> WORK INSTRUCTIONS
Without omitting anything, copy every entry word for word.

RECORDS FOR THIS TASK section start

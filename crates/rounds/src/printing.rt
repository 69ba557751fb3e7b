//! What a trace prints on the way.

ghost use Rattle.std.specs.Prelude.{ℕ, ◌≡◌, ◌++◌, OnOk};
ghost use Rattle.tag_rule.specs.Shown.{Board};
ghost use Rattle.trace.specs.declared.traces.Trace.{Trace};
ghost use Rattle.trace_play.specs.Machine.{Machine};
ghost use Rattle.trace_play.specs.Printed.{areas_text, print_text};
ghost use Rattle.rounds.specs.Places.{IsSomewhere, IsThere, Place, machine_at};
ghost use Rattle.rounds.specs.Turns.{StandsAt};

use crate::Desk;
use run_text::areas::write_areas;
use run_text::print::print_locked;
use std::alloc::AllocError;

impl Desk {
    /// Appends what `print` shows here: the bytes and the references of each tag, or so many of the greatest.
    pub fn print(
        &mut self,
        kept: bool,
        top: Option<u32>,
        out: &mut Vec<u8>,
    ) -> Result<(), AllocError>
        requires { IsSomewhere self.old }
        ensures text { (p : Place) → IsThere p self.old → OnOk result (out.new.items ≡ out.old.items ++ print_text p.trace.sections kept top (machine_at p)) }
        ensures stays { (b : Board) (trace : Trace) (m : Machine) → StandsAt b trace m self.old → StandsAt b trace m self.new }
    {
        self.locked.tell();
        print_locked(
            self.alloc,
            &self.locked,
            self.cpus.as_mut_slice(),
            kept,
            top,
            out,
        )
    }

    /// Appends what `areas` shows: the ranges of modules, loaded and kept.
    pub fn print_areas(&self, out: &mut Vec<u8>) -> Result<(), AllocError>
        ensures { (b : Board) (trace : Trace) (m : Machine) → StandsAt b trace m self.now → OnOk result (out.new.items ≡ out.old.items ++ areas_text trace.sections m) }
    {
        write_areas(&self.locked, out)
    }
}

RECORDS FOR THIS TASK section end

> ANSWER TO THIS PROBLEM
filename crates/rounds/src/printing.rt
repository 69ba557751fb3e7b
//! What a trace prints on the way.

ghost use Rattle.std.specs.Prelude.{ℕ, ◌≡◌, ◌++◌, OnOk};
ghost use Rattle.tag_rule.specs.Shown.{Board};
ghost use Rattle.trace.specs.declared.traces.Trace.{Trace};
ghost use Rattle.trace_play.specs.Machine.{Machine};
ghost use Rattle.trace_play.specs.Printed.{areas_text, print_text};
ghost use Rattle.rounds.specs.Places.{IsSomewhere, IsThere, Place, machine_at};
ghost use Rattle.rounds.specs.Turns.{StandsAt};

use crate::Desk;
use run_text::areas::write_areas;
use run_text::print::print_locked;
use std::alloc::AllocError;

impl Desk {
    /// Appends what `print` shows here: the bytes and the references of each tag, or so many of the greatest.
    pub fn print(
        &mut self,
        kept: bool,
        top: Option<u32>,
        out: &mut Vec<u8>,
    ) -> Result<(), AllocError>
        requires { IsSomewhere self.old }
        ensures text { (p : Place) → IsThere p self.old → OnOk result (out.new.items ≡ out.old.items ++ print_text p.trace.sections kept top (machine_at p)) }
        ensures stays { (b : Board) (trace : Trace) (m : Machine) → StandsAt b trace m self.old → StandsAt b trace m self.new }
    {
        self.locked.tell();
        print_locked(
            self.alloc,
            &self.locked,
            self.cpus.as_mut_slice(),
            kept,
            top,
            out,
        )
    }

    /// Appends what `areas` shows: the ranges of modules, loaded and kept.
    pub fn print_areas(&self, out: &mut Vec<u8>) -> Result<(), AllocError>
        ensures { (b : Board) (trace : Trace) (m : Machine) → StandsAt b trace m self.now → OnOk result (out.new.items ≡ out.old.items ++ areas_text trace.sections m) }
    {
        write_areas(&self.locked, out)
    }
}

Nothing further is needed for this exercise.